Кант не был пьяницей или драчуном, что нередко встречалось среди студентов немецких университетов в XVIII веке[214]. Кажется, он не принимал участия ни в каких студенческих розыгрышах. Так, он не участвовал в так называемом Pantoffelparade, когда студенты, выстраиваясь вдоль выхода из церквей Кёнигсберга, нарочито разглядывали и критически оценивали юных барышень, выходивших со службы. Учеба была для него важнее всего. На старших курсах у Канта появились поклонники среди молодых студентов. Те равнялись на него. Он не только давал им уроки по академическим предметам, но и оказывал на них влияние во многом другом. Так, Гейльсберг сообщает, что «Кант не любил никаких фривольностей, и того меньше „выходить в город“, и мало-помалу убеждал своих слушателей вести себя так же». Он был нравственной силой в жизни других задолго до того, как закончил университет и начал преподавать.

Кант был серьезным, смеялся нечасто. Чувство юмора у него было, но совсем не такое, к какому привыкли студенты. Кант ценил юмор писателей-философов; его шутки были тоньше, чем могли бы оценить большинство его товарищей. Кроме того, он был невозмутим. Спонтанный смех или неконтролируемая радость были не в его характере. Вполне возможно, что под влиянием пиетистского образования он научился подавлять такие порывы. Дети Господа в Кёнигсберге не были замечены в неконтролируемом и недисциплинированном поведении.

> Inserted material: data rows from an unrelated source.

impl Ahead {
    /// Returns the state before the first track of a file with the fragments `fragments`.
    pub fn new(alloc: Global, fragments: Fragments) -> Ahead
        ensures { (trafs : List Traf) → AreStored trafs fragments → IsAhead trafs [] result }
    {
        Ahead {
            fragments,
            known: BTreeMap::new(alloc),
        }
    }

    /// Stores that a track with the track_ID `track` was met. Returns its fragments, if it is the first, or none.
    fn meet(&mut self, alloc: Global, track: u32) -> Result<Vec<TrackTraf>, AllocError>
        ensures trafs { (trafs : List Traf) (met : List ℕ) → IsAhead trafs met self.old
            → IfOk result (λ own. own.items ≡ trafs_for trafs met (tracks.Id track)) }
        ensures met { (trafs : List Traf) (met : List ℕ) → IsAhead trafs met self.old
            → OnOk result (IsAhead trafs (with_name met (tracks.Id track)) self.new) }
    {
        let trafs = self.fragments.take(alloc, track);
        keep_id(track, &mut self.known)?;
        Ok(trafs)
    }

    /// Stores that a track with the name `name` was met. Returns its fragments, if it is the first of its track_ID, or
    /// none.
    fn enter(&mut self, alloc: Global, name: TrackName) -> Result<Vec<TrackTraf>, AllocError>
        ensures trafs { (trafs : List Traf) (met : List ℕ) → IsAhead trafs met self.old
            → IfOk result (λ own. own.items ≡ trafs_for trafs met name) }
        ensures met { (trafs : List Traf) (met : List ℕ) → IsAhead trafs met self.old
            → OnOk result (IsAhead trafs (with_name met name) self.new) }
    {
        match name {
            TrackName::Id(track) => self.meet(alloc, track),
            TrackName::At(_) => Ok(Vec::new(alloc)),
        }
    }

    /// Returns whether the samples of a track with the name `name` are asked for, which was not met yet: those of all
    /// tracks if `track` is `None`, or of the first track with the track_ID `track`.
    fn is_wanted(&self, track: Option<u32>, name: TrackName) -> bool
        ensures { (trafs : List Traf) (met : List ℕ) → IsAhead trafs met self.now → result ≡ is_wanted track met name }
    {
        match (track, name) {
            (None, _) => true,
            (Some(wanted), TrackName::Id(id)) => id == wanted && !self.known.contains_key(&id),
            (Some(_), TrackName::At(_)) => false,
        }
    }
}

/// Returns the name of a track whose `trak` is at `position`. If its track_ID can't be read, stores the fault.
fn name_of(
    position: u64,
    track_id: Result<u32, BoxError>,
    faults: &mut Vec<TrackFault>,
) -> Result<TrackName, AllocError>
    ensures name { IfOk result (λ name. name ≡ named position track_id) }
    ensures told { OnOk result (faults.new.items ≡ faults.old.items ++ name_faults position track_id) }
{
    match track_id {
        Ok(id) => Ok(TrackName::Id(id)),
        Err(error) => {
            let name = TrackName::At(position);
            let fault = TrackFault {
                track: Some(name),
                fault: Fault::Box(error),
            };
            keep(faults, fault)?;
            Ok(name)
        }
    }
}

/// Stores the fault of a track, if it has one.
fn keep_fault(
    name: TrackName,
    fault: Option<Fault>,
    faults: &mut Vec<TrackFault>,
) -> Result<(), AllocError>
    ensures { OnOk result (faults.new.items ≡ faults.old.items ++ track_fault name fault) }
{
    match fault {
        Some(fault) => keep(
            faults,
            TrackFault {
                track: Some(name),
                fault,
            },
        ),
        None => Ok(()),
    }
}

/// Returns the timescale and the unit of the times of a track.
fn clock_of(heading: Heading, choice: Choice) -> Clock
    ensures { result ≡ record { timescale = heading.timescale; seconds = choice.seconds } }
{
    Clock {
        timescale: heading.timescale,
        seconds: choice.seconds,
    }
}

/// Writes the samples of a track, up to the first fault. Returns the fault. Presentation times are those by the edit
/// list `edits`, or those without edits if it is `None`. `trak` begins with the boxes inside its `trak`.
fn write_with<S: Source, W: Write>(
    alloc: Global,
    walk: &mut BoxWalk<S>,
    trak: &[TreeBox],
    heading: Heading,
    edits: Option<&Edits<'_>>,
    trafs: Vec<TrackTraf>,
    choice: Choice,
    limit: Limit,
    writer: &mut RowWriter,
    output: &mut Output<W>,
) -> Result<Option<Fault>, Failure>
    ensures writes { IfSome walk.old.bytes
        (λ file. IfOk result (WritesWith
        (inputs_by limit writer.old.form choice heading trafs.items (samples_of file trak.now)) (edits_in edits.entry)
        writer.old.follows writer.new.follows (W.contents output.old.inner) (W.contents output.new.inner))) }
    ensures form { writer.new.form ≡ writer.old.form }
    ensures kept { walk.new ≡ walk.old }
{
    let rule = RowRule {
        track: heading.name.id(),
        clock: clock_of(heading, choice),
        edits,
        sync: choice.sync,
    };
    write_track(
        alloc, walk, trak, heading, &rule, trafs, limit, writer, output,
    )
}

Даже в старости его юмор был сух, а тонкие шутки произносились совершенно серьезно. Уже студентом Кант, кажется, считал самоконтроль одной из высочайших добродетелей.

Когда кто-то раскритиковал его за то, что он мало смеется, «он признал этот недостаток, а потом добавил, что ни один метафизик не принес миру столько добра, сколько принесли Эразм Роттердамский и знаменитый Монтень», посоветовав друзьям их «постоянно читать», особенно последнего. Он мог цитировать целые отрывки из Монтеня «наизусть»[215]. Немаловажно, что Монтень был так важен для Канта-студента, но едва ли он был в этом одинок. Монтеня столь же высоко ценили многие современники Канта, например Гаман и Шеффнер. Неудивительно и то, что Кант продолжал хвалить Монтеня и в более поздние годы, хотя и считал, что Монтень слишком много говорит о себе – недостаток, Канту не свойственный.

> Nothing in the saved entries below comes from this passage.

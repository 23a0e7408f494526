//! The text of a time.

ghost use Rattle.std.specs.Prelude.{◌≡◌, ◌++◌, ◌<◌, ◌^◌, replicate, min, string_bytes, decimal, OnOk};
ghost use Rattle.std.specs.Fmt.{signed_decimal};
ghost use Rattle.mp4_inspect_samples.specs.Times.{fraction, millionths, seconds_text, shown_text};
ghost use Rattle.mp4_inspect_samples.specs.Times.{signed_seconds, signed_time_text, ticks_of, time_text};

use crate::clock::Clock;
use crate::row::Shown;
use std::alloc::AllocError;

/// The number of millionths in one.
const MILLION: u128 = 1_000_000;

/// Returns `time` ticks in millionths of a second of `ticks` ticks, rounded to the nearest. Halves are rounded up.
fn millionths(ticks: u64, time: u128) -> u128
    requires some { 0 < ticks }
    requires below { time < 2 ^ 100 }
    ensures { result ≡ millionths ticks time }
{
    (2 * time * MILLION + u128::from(ticks)) / (2 * u128::from(ticks))
}

/// Returns `count` zeros, at most 6.
fn zeros(count: usize) -> &'static str
    ensures { result.now ≡ replicate (min count 6) 48 }
{
    match count {
        0 => "",
        1 => "0",
        2 => "00",
        3 => "000",
        4 => "0000",
        5 => "00000",
        _ => "000000",
    }
}

/// Appends `millionths` as a decimal fraction with six digits after the point.
#[tactic(auto, unfolding(crate::specs::Times::fraction))]
fn push_fraction(millionths: u128, out: &mut String) -> Result<(), AllocError>
    ensures { OnOk result (string_bytes out.new ≡ string_bytes out.old ++ fraction millionths) }
{
    let mut whole = itoa::Buffer::new();
    let mut rest = itoa::Buffer::new();
    let digits = rest.format(millionths % MILLION);
    out.push_str(whole.format(millionths / MILLION))?;
    out.push_str(".")?;
    out.push_str(zeros(6usize.saturating_sub(digits.len())))?;
    out.push_str(digits)?;
    Ok(())
}

/// Appends `time` ticks in seconds of `ticks` ticks, or `unknown` if a second has no ticks. A time of 2^100 ticks,
/// which no file states, is out of memory.
fn push_seconds(unknown: &str, ticks: u64, time: u128, out: &mut String) -> Result<(), AllocError>
    ensures { OnOk result (string_bytes out.new ≡ string_bytes out.old ++ seconds_text unknown.now ticks time) }
{
    if ticks == 0 {
        return out.push_str(unknown);
    }
    if time >= 1 << 100 {
        return Err(AllocError);
    }
    push_fraction(millionths(ticks, time), out)
}

/// Appends `number` in decimal digits.
fn push_decimal(number: u128, out: &mut String) -> Result<(), AllocError>
    ensures { OnOk result (string_bytes out.new ≡ string_bytes out.old ++ decimal number) }
{
    let mut buffer = itoa::Buffer::new();
    out.push_str(buffer.format(number))
}

/// Appends `number`, which may be negative, in decimal digits.
fn push_signed_decimal(number: i128, out: &mut String) -> Result<(), AllocError>
    ensures { OnOk result (string_bytes out.new ≡ string_bytes out.old ++ signed_decimal number) }
{
    let mut buffer = itoa::Buffer::new();
    out.push_str(buffer.format(number))
}

/// Returns the number of ticks in a second, or 0 if it is unknown.
fn ticks_of(clock: Clock) -> u64
    ensures value { result ≡ ticks_of clock }
    ensures below { result < 2 ^ 32 }
{
    match clock.timescale {
        Some(ticks) => u64::from(ticks),
        None => 0,
    }
}

/// Appends `time` in the unit of `clock`, or `unknown` if its seconds are unknown.
pub fn push_time(unknown: &str, clock: Clock, time: u64, out: &mut String) -> Result<(), AllocError>
    ensures { OnOk result (string_bytes out.new ≡ string_bytes out.old ++ time_text unknown.now clock time) }
{
    if clock.seconds {
        push_seconds(unknown, ticks_of(clock), u128::from(time), out)
    } else {
        push_decimal(u128::from(time), out)
    }
}

/// Appends `time`, which may be negative, in seconds of `ticks` ticks, or `unknown` if a second has no ticks.
fn push_signed_seconds(
    unknown: &str,
    ticks: u64,
    time: i128,
    out: &mut String,
) -> Result<(), AllocError>
    ensures { OnOk result (string_bytes out.new ≡ string_bytes out.old ++ signed_seconds unknown.now ticks time) }
{
    if time < 0 && ticks > 0 {
        out.push_str("-")?;
    }
    push_seconds(unknown, ticks, time.unsigned_abs(), out)
}

/// Appends `time`, which may be negative, in the unit of `clock`, or `unknown` if its seconds are unknown.
fn push_signed_time(
    unknown: &str,
    clock: Clock,
    time: i128,
    out: &mut String,
) -> Result<(), AllocError>
    ensures { OnOk result (string_bytes out.new ≡ string_bytes out.old ++ signed_time_text unknown.now clock time) }
{
    if clock.seconds {
        push_signed_seconds(unknown, ticks_of(clock), time, out)
    } else {
        push_signed_decimal(time, out)
    }
}

/// Appends a presentation time in the unit of `clock`, or `unknown` if its seconds are unknown, or if there is none.
pub fn push_shown(
    unknown: &str,
    clock: Clock,
    shown: Shown,
    out: &mut String,
) -> Result<(), AllocError>
    ensures { OnOk result (string_bytes out.new ≡ string_bytes out.old ++ shown_text unknown.now clock shown) }
{
    match shown {
        Shown::At(time) => push_signed_time(unknown, clock, time, out),
        Shown::Edited {
            ticks,
            per_second,
            units,
        } => {
            if clock.seconds {
                push_seconds(unknown, per_second, ticks, out)
            } else {
                push_decimal(units, out)
            }
        }
        Shown::Never => out.push_str(unknown),
    }
}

Нельзя сказать, что для Канта существовала только работа и вообще не существовали развлечения. И снова Гейльсберг:

Он отдыхал, только играя в бильярд. Мы с Влёмером были в этом его постоянными спутниками. Мы достигли высот игры и редко уходили домой, не выиграв. Я оплачивал учителя по французскому практически полностью из этих денег. Когда с нами больше никто не хотел играть, поскольку мы всегда выигрывали, мы полностью оставили этот источник дохода и перешли на ломбер, в который Кант хорошо играл.

Даже в своих развлечениях Кант никогда не терял из виду утилитарные соображения. Игра была еще и способом заработать денег. Пиетисты, особенно Шульц, вряд ли одобрили бы эту практику[216]. Для строгих пиетистов карты были «молитвенником дьявола», дорогой, ведущей прямиком в ад. Канта не беспокоили такие соображения. Игры не препятствовали его учебе или тому, чтобы давать уроки, – совсем наоборот. В одной из лекций по антропологии он утверждает, что игра в карты «обучает нас, делает нас уравновешенными, учит держать чувства под контролем. В этом смысле они могут иметь влияние на нашу нравственность»[217]. Кант был бы хорошим игроком в покер.